▶ [TASK TO CARRY OUT] Only lines containing the string "BadLength" belong in the answer; find them in the records and copy them.

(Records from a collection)
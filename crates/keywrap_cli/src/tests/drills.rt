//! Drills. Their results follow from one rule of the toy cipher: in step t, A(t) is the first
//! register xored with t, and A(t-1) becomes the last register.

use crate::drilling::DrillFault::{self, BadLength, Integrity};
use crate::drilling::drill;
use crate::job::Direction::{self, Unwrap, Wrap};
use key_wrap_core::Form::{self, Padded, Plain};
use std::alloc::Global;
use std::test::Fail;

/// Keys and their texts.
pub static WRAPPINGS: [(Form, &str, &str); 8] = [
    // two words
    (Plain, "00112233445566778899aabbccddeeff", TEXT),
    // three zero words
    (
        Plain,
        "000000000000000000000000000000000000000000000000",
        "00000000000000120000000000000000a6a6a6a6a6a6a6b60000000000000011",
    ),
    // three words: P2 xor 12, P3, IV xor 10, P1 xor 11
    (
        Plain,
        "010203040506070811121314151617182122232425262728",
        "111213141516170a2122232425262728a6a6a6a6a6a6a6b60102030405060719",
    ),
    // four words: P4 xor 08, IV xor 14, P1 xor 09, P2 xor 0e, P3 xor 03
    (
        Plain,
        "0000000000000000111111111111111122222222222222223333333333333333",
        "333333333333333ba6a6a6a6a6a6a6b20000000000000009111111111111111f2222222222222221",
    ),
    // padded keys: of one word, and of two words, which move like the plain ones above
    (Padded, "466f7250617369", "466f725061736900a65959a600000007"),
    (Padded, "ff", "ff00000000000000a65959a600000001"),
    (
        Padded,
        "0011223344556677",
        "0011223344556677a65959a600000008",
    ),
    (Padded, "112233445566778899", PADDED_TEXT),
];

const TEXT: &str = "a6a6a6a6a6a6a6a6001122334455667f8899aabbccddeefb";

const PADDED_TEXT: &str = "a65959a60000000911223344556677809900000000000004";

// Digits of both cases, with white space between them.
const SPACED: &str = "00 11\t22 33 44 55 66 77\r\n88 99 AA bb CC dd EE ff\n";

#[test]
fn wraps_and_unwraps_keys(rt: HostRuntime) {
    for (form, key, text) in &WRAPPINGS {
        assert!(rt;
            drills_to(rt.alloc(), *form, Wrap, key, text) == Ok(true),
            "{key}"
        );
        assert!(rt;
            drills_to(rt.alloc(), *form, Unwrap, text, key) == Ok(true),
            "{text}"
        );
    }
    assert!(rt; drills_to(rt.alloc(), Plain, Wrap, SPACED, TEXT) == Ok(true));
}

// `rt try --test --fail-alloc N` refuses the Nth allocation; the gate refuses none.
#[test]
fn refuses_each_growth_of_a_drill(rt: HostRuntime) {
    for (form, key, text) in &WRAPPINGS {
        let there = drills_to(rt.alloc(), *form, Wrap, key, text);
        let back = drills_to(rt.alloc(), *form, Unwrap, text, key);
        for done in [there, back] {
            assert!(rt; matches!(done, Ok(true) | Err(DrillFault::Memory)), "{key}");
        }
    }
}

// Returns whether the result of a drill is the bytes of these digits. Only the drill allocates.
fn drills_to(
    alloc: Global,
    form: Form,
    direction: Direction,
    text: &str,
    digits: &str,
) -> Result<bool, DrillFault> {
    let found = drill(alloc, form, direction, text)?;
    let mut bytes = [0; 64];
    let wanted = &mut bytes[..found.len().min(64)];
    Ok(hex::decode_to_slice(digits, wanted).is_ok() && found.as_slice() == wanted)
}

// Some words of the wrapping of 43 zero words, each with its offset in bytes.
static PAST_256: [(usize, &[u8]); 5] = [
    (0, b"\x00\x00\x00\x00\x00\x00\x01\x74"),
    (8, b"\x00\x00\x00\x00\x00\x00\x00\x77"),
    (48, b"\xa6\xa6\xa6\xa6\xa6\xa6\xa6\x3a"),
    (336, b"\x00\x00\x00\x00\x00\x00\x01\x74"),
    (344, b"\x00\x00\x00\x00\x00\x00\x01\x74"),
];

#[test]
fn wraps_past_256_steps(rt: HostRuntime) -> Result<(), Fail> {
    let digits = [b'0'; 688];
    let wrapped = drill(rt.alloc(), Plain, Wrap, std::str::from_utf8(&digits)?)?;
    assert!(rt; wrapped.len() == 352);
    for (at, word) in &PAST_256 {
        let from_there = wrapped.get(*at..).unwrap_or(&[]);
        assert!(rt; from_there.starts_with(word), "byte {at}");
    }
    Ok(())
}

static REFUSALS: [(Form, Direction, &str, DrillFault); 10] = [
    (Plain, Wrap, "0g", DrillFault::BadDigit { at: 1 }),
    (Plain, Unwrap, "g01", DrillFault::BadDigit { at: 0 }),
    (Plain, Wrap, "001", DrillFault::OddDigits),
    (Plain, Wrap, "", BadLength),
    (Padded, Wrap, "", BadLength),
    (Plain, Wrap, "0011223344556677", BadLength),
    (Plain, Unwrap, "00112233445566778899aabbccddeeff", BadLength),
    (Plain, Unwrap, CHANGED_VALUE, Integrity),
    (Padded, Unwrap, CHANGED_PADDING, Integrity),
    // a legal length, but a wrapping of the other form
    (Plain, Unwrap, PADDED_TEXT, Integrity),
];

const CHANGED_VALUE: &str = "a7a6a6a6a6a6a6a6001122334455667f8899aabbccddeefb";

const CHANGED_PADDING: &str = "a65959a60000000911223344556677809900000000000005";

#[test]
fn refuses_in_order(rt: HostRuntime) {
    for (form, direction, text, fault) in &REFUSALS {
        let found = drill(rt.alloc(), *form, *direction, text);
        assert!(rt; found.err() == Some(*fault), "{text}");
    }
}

▶ [ANSWER TO THE EXERCISE]
use crate::drilling::DrillFault::{self, BadLength, Integrity};
    (Plain, Wrap, "", BadLength),
    (Padded, Wrap, "", BadLength),
    (Plain, Wrap, "0011223344556677", BadLength),
    (Plain, Unwrap, "00112233445566778899aabbccddeeff", BadLength),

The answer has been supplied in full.